On May 6th, Arianna Huffington presented the opening remarks for the Senate Subcommittee on Cummunications, Technology and the Internet’s Hearing on “The Future of Journalism”. She began with a clear statement: Journalism Will Not Only Survie, It Will Thrive! She added that we are actually in the midst of a Golden Age for news consumers, who access stories from countless sources around the world, up-to-the-minute, enabling conversations and direct comments to the author and between other readers, enabling communities to form around the topics.
Even with the staggering numbers that we have seen over the past year (the newspaper industry shed an estimated 15,970 jobs in 2008, and 8,484 through April of this year), it is important to remember that the future of quality journalism does not depend on the future of newspapers. People have gotten used to getting the news they want, whenever, however and wherever they want. This change is here to stay. The discussion needs to move from “How do we save newspapers?” to “How do we strengthen journalism — regardless of which platform it is delivered on…”
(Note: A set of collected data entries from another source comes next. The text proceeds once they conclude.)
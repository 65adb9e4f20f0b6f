//! Many pairs of consecutive numbers, put into a cache.

use super::caches::Cache;
use super::call::Call;
use super::fills::{Fillable, Numbered, fill_one_by_one, pair};
use std::cell::Cell;

impl Fillable for Cache {
    fn put_number(&mut self, name: &str, number: u64, call: &Call) -> bool {
        let (key, value) = pair(number, call.counts());
        call.begin();
        if name == "put" {
            call.is_given(self.put(key, value))
        } else {
            call.is_given(self.insert(key, value))
        }
    }
}

/// Fills a cache by a call, up to a refusal.
pub fn fill(cache: &mut Cache, call: &Call) {
    let (count, name) = (call.number(), call.word());
    if name != "extend" {
        return fill_one_by_one(cache, count, name, call);
    }
    let last = Cell::new(0);
    let items = Numbered::new(count, &last, false, call.counts());
    let is_given = call.is_given(cache.extend(items));
    call.show_filled(is_given, count, last.get());
}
We must not act as if we are still operating in the old content economy, as opposed to the new link economy. The survival of the industry cannot be found by “protecting” content behind walled gardens. The future is a linked economy – it is search engines, online advertising, citizen journalism and foundation supported investigative funds.
Arianna firmly believes in a hybrid future:
where old media players embrace the ways of new media (including transparency, interactivity, and immediacy) and new media companies adopt the best practices of old media (including fairness, accuracy, and high-impact investigative journalism). The emphasis should not be on subsidizing what exists now, but on how to rededicate ourselves to the highest calling of journalists — which is to ferret out the truth, wherever it leads. Even if it means losing our all-access-pass to the halls of power.
Unfortunately, this is a concept that has fallen out of favor with too many journalists who, like Pontius Pilat, wash their hands of finding the truth and instead are obsessed with a false view of “balance” and the misguided notion that every story has two sides. And that the truth can be found somewhere in the middle. But not every story has two sides and the truth is often found lurking in the shadows.